## [INSTRUCTIONS FOR THE TASK]
How many lines in these records include the string "counted"? Reply with that number alone.

## [INFORMATION PROVIDED]
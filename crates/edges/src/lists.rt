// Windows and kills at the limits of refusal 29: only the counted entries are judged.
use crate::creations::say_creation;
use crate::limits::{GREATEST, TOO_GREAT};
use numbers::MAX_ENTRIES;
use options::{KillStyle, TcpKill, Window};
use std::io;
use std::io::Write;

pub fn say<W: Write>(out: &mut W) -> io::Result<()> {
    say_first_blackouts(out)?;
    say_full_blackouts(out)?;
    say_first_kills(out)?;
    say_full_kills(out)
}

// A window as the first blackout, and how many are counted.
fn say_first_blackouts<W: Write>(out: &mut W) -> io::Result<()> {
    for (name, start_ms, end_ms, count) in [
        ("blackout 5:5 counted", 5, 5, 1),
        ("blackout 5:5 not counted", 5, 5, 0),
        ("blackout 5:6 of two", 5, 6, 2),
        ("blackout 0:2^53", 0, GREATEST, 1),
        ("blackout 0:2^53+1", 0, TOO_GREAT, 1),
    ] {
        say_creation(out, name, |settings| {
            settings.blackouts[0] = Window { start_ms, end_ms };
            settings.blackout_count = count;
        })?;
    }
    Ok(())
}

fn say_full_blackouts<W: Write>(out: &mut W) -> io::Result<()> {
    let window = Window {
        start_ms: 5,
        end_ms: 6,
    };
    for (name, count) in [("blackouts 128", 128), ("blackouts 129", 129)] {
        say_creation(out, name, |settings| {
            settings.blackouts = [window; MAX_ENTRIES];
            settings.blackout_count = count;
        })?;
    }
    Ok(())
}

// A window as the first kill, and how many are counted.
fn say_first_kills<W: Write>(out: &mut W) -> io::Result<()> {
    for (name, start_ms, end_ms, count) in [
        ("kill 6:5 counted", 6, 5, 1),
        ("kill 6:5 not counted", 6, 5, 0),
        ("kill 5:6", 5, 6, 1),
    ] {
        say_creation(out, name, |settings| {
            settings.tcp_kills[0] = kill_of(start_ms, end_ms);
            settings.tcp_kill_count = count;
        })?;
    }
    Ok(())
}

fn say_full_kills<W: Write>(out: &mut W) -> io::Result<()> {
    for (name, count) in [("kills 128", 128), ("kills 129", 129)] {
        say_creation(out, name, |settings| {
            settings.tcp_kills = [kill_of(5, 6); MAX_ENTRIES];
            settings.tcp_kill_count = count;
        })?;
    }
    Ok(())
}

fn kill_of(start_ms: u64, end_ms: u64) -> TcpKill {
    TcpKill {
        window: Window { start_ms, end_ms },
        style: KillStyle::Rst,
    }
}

---

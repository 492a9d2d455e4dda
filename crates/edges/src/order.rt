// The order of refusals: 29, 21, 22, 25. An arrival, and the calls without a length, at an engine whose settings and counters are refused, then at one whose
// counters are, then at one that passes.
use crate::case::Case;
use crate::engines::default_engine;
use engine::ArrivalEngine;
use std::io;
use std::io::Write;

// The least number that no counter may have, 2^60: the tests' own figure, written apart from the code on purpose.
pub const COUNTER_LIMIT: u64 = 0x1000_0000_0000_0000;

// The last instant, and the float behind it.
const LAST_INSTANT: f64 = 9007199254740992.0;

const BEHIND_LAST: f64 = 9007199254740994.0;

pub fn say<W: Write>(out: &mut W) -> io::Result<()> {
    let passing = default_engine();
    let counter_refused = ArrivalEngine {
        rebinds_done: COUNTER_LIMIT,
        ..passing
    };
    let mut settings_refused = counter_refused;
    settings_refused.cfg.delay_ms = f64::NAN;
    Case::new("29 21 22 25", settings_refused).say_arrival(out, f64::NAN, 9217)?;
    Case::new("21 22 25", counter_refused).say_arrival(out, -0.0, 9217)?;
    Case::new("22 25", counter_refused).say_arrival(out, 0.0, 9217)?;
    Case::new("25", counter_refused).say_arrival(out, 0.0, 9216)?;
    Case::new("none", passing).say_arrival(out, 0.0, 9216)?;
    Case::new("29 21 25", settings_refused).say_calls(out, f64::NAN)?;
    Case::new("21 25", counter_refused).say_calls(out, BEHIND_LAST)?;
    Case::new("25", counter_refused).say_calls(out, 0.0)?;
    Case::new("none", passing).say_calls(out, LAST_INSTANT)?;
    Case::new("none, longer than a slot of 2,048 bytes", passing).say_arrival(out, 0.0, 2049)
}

## [SOLUTION]
7